Go through the records, and copy each line in which the string "crate" is present.
_ _ _ _ _
//! Hash functions by name.

ghost use Rattle.std.specs.Prelude.{◌≡◌, IfOk, IfErr, None, Some};
ghost use Rattle.x509_der.specs.ObjectIdentifier.{dotted};
ghost use Rattle.x509_keys_parts.specs.ShaVariants.{sha_arcs, sha_of, sha_name};
ghost use Rattle.x509_keys_parts.specs.Unsupported.{Names};

use crate::errors::{AlgorithmError, unsupported};
use std::alloc::{AllocError, Allocator};
use x509_der::parts::from_lawful;
use x509_der::{ObjectIdentifier, SameEq};

/// A hash function, for makers of algorithm identifiers. It has no encoding of its own.
#[derive(Debug, Drop, Clone, Copy, PartialEq, Eq)]
pub enum ShaVariant {
    /// MD5 (RFC 1321).
    MD5,
    /// SHA-1.
    SHA1,
    /// SHA-224.
    SHA2_224,
    /// SHA-256.
    SHA2_256,
    /// SHA-384.
    SHA2_384,
    /// SHA-512.
    SHA2_512,
    /// SHA-512/224.
    SHA2_512_224,
    /// SHA-512/256.
    SHA2_512_256,
    /// SHA3-224.
    SHA3_224,
    /// SHA3-256.
    SHA3_256,
    /// SHA3-384.
    SHA3_384,
    /// SHA3-512.
    SHA3_512,
    /// SHAKE128.
    SHAKE128,
    /// SHAKE256.
    SHAKE256,
}

/// All hash functions.
const SHAS: &'static [ShaVariant] = &[
    ShaVariant::MD5,
    ShaVariant::SHA1,
    ShaVariant::SHA2_224,
    ShaVariant::SHA2_256,
    ShaVariant::SHA2_384,
    ShaVariant::SHA2_512,
    ShaVariant::SHA2_512_224,
    ShaVariant::SHA2_512_256,
    ShaVariant::SHA3_224,
    ShaVariant::SHA3_256,
    ShaVariant::SHA3_384,
    ShaVariant::SHA3_512,
    ShaVariant::SHAKE128,
    ShaVariant::SHAKE256,
];

/// The hash function that an object identifier names.
fn known<A: Allocator>(identifier: &ObjectIdentifier<A>) -> Option<ShaVariant>
    ensures { result ≡ sha_of identifier.now }
{
    for sha in SHAS {
        if identifier.is_arcs(sha.arcs()) {
            return Some(*sha);
        }
    }
    None
}

impl ShaVariant {
    /// The variant's name, as `SHA2_256`.
    pub fn name(self) -> &'static str
        ensures { result.now ≡ sha_name self }
    {
        match self {
            ShaVariant::MD5 => "MD5",
            ShaVariant::SHA1 => "SHA1",
            ShaVariant::SHA2_224 => "SHA2_224",
            ShaVariant::SHA2_256 => "SHA2_256",
            ShaVariant::SHA2_384 => "SHA2_384",
            ShaVariant::SHA2_512 => "SHA2_512",
            ShaVariant::SHA2_512_224 => "SHA2_512_224",
            ShaVariant::SHA2_512_256 => "SHA2_512_256",
            ShaVariant::SHA3_224 => "SHA3_224",
            ShaVariant::SHA3_256 => "SHA3_256",
            ShaVariant::SHA3_384 => "SHA3_384",
            ShaVariant::SHA3_512 => "SHA3_512",
            ShaVariant::SHAKE128 => "SHAKE128",
            ShaVariant::SHAKE256 => "SHAKE256",
        }
    }

    /// The arcs of its object identifier.
    fn arcs(self) -> &'static [u64]
        ensures { result.now ≡ sha_arcs self }
    {
        match self {
            ShaVariant::MD5 => &[1, 2, 840, 113549, 2, 5],
            ShaVariant::SHA1 => &[1, 3, 14, 3, 2, 26],
            ShaVariant::SHA2_224 => &[2, 16, 840, 1, 101, 3, 4, 2, 4],
            ShaVariant::SHA2_256 => &[2, 16, 840, 1, 101, 3, 4, 2, 1],
            ShaVariant::SHA2_384 => &[2, 16, 840, 1, 101, 3, 4, 2, 2],
            ShaVariant::SHA2_512 => &[2, 16, 840, 1, 101, 3, 4, 2, 3],
            ShaVariant::SHA2_512_224 => &[2, 16, 840, 1, 101, 3, 4, 2, 5],
            ShaVariant::SHA2_512_256 => &[2, 16, 840, 1, 101, 3, 4, 2, 6],
            ShaVariant::SHA3_224 => &[2, 16, 840, 1, 101, 3, 4, 2, 7],
            ShaVariant::SHA3_256 => &[2, 16, 840, 1, 101, 3, 4, 2, 8],
            ShaVariant::SHA3_384 => &[2, 16, 840, 1, 101, 3, 4, 2, 9],
            ShaVariant::SHA3_512 => &[2, 16, 840, 1, 101, 3, 4, 2, 10],
            ShaVariant::SHAKE128 => &[2, 16, 840, 1, 101, 3, 4, 2, 11],
            ShaVariant::SHAKE256 => &[2, 16, 840, 1, 101, 3, 4, 2, 12],
        }
    }

    /// Its object identifier, which is short enough to take no memory.
    ///
    /// # Errors
    /// `AllocError` where memory is refused.
    #[tactic(auto, using(crate::specs::facts::ShaVariantFacts::sha_lawful))]
    pub fn to_oid<A: Allocator>(self, alloc: A) -> Result<ObjectIdentifier<A>, AllocError>
        ensures { IfOk result (λ o. o ≡ sha_arcs self) }
    {
        from_lawful(alloc, self.arcs())
    }

    /// The hash function that an object identifier names. Takes memory only where there is none.
    ///
    /// # Errors
    /// Refused exactly where it names none of the fourteen: `Unsupported`, with the dotted text, or `OutOfMemory` where
    /// memory for that text is refused.
    pub fn from_oid<A: Allocator>(
        alloc: A,
        identifier: &ObjectIdentifier<A>,
    ) -> Result<Self, AlgorithmError<A>>
        ensures ok { IfOk result (λ sha. sha_of identifier.now ≡ Some sha) }
        ensures err { IfErr result (λ e. (sha_of identifier.now ≡ None) × Names e (dotted identifier.now)) }
    {
        match known(identifier) {
            Some(sha) => Ok(sha),
            None => Err(unsupported(alloc, identifier)),
        }
    }
}

impl SameEq for ShaVariant {
    fn decides() {}
}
_ _ _ _ _
§ **Problem solution**
use crate::errors::{AlgorithmError, unsupported};
    #[tactic(auto, using(crate::specs::facts::ShaVariantFacts::sha_lawful))]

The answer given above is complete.